Quarto is an open-source publishing system that extends Markdown with the ability to execute code inside the document at render time. A Quarto document (.qmd) is a Markdown file with embedded Python, R, or Bash chunks. When Quarto renders the document, it runs each chunk and inserts the computed output — summary statistics, tables, plots — directly into the report.

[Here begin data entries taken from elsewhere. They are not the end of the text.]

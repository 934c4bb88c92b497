// The starts of the series of a text by their UIDs.
ghost use Rattle.std.specs.Prelude.{◌≡◌, List, map, IfOk, OnOk};
ghost use Rattle.rr_zone.specs.Events.{turning_start};
ghost use Rattle.rr_zone.specs.Parts.{events_in, part_in};
ghost use Rattle.rr_zone.specs.Series.{IsSeriesMap, Notes, NotesPart};
ghost use Rattle.rr_zone.specs.declared.event.EventFacts.{EventFacts};

use crate::event::{EventFacts, Start};
use crate::part::{Content, Part};
use rr_model::NoMemory;
use std::alloc::Global;
use std::collections::BTreeMap;

/// The start of the first series of each UID.
pub(crate) type SeriesStarts<'a> = BTreeMap<&'a [u8], &'a Start>;

// Takes in a further event, if it is the first series of its UID.
fn note<'a>(starts: &mut SeriesStarts<'a>, event: &'a EventFacts) -> Result<(), NoMemory>
    ensures { OnOk result (Notes starts.old event.now starts.new) }
{
    let uid = event.uid.as_slice();
    if event.is_instance || uid.is_empty() || starts.contains_key(uid) {
        return Ok(());
    }
    match starts.insert(uid, &event.start) {
        Ok(_) => Ok(()),
        Err(_) => Err(NoMemory),
    }
}

// Takes in a further part, if it is an event.
fn note_part<'a>(starts: &mut SeriesStarts<'a>, part: &'a Part) -> Result<(), NoMemory>
    ensures { OnOk result (NotesPart starts.old part.now.content starts.new) }
{
    match &part.content {
        Content::Event(event) => note(starts, event),
        Content::Zone => Ok(()),
        Content::Other => Ok(()),
    }
}

/// The starts of the series among the parts.
pub(crate) fn series_starts<'a>(
    alloc: Global,
    parts: &'a [Part],
) -> Result<SeriesStarts<'a>, NoMemory>
    ensures { IfOk result (λ starts. IsSeriesMap starts (events_in (map part_in parts.now))) }
{
    let mut starts = BTreeMap::new(alloc);
    for part in parts {
        note_part(&mut starts, part)?;
    }
    Ok(starts)
}

/// The start in whose zone an event is written: an instance in that of its series, if this is in the text.
pub(crate) fn turning_start<'a>(starts: &SeriesStarts<'a>, event: &'a EventFacts) -> &'a Start
    ensures { (events : List EventFacts) → IsSeriesMap starts.now events
        → result.now ≡ turning_start events event.now }
{
    if !event.is_instance {
        return &event.start;
    }
    match starts.get(event.uid.as_slice()) {
        Some(start) => *start,
        None => &event.start,
    }
}
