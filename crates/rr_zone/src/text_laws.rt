// Laws about texts in local time, each the contract of a function that does nothing.
ghost use Rattle.rr_zone.specs.TextLaws.{OtherDatesStay, OtherRulesStay, TextStays};

/// A line of dates of which none is a moment of UTC stays as it is.
pub fn other_dates_stay()
    ensures { OtherDatesStay }
{}

/// A rule without a moment of UTC stays as it is.
pub fn other_rules_stay()
    ensures { OtherRulesStay }
{}

/// A text stays as it is if none of its events has a zone of the text.
pub fn text_stays()
    ensures { TextStays }
{}
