// The shipped sheet laid out anew: what is printed and the hash of the file written are stored.
#![tactic(auto)]

use cli::commands::run;
use cli::failed::Failed;

// A stored run is a program of its own: the kit runs each program once, on its own arguments and files.
fn main(rt: HostRuntime) -> Result<(), Failed> {
    run(&rt)
}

For example, the manually filled subtype table from the template:


| Type / Subtype      | Count | Percent |
|---------------------|------:|--------:|
| A(H1N1)pdm09        |    42 |   29.6% |
| A(H3N2)             |    87 |   61.3% |
| B/Victoria          |    13 |    9.2% |

…can be replaced in a Quarto document with an executable chunk that computes the same table from a CSV every time the report is rendered:


```{python}
import pandas as pd
df = pd.read_csv("data/specimens.csv")
summary = (df["subtype"].value_counts(normalize=False)
             .rename_axis("Subtype").reset_index(name="Count"))
summary["Percent"] = (summary["Count"] / summary["Count"].sum() * 100).round(1)
summary
```

With Quarto, the genome-report.md workflow extends naturally to an automated reporting pipeline:

  • Parameterize the report so the same template can be rendered against different countries, seasons, or input files.
  • Compute counts, percentages, resistance frequencies, and QC metrics directly from data files — no manual copy-paste.
  • Regenerate figures (phylogenetic trees, coverage plots) as part of the render.
  • Output the same document as HTML, PDF, or Word without changing the source.

A fully automated Quarto version of the template (genome_report.qmd) is available under ../../practical/report_automation/genome_report/ in this repository for reference.

Pandoc is the foundation; Quarto is what you reach for when the report needs to run itself.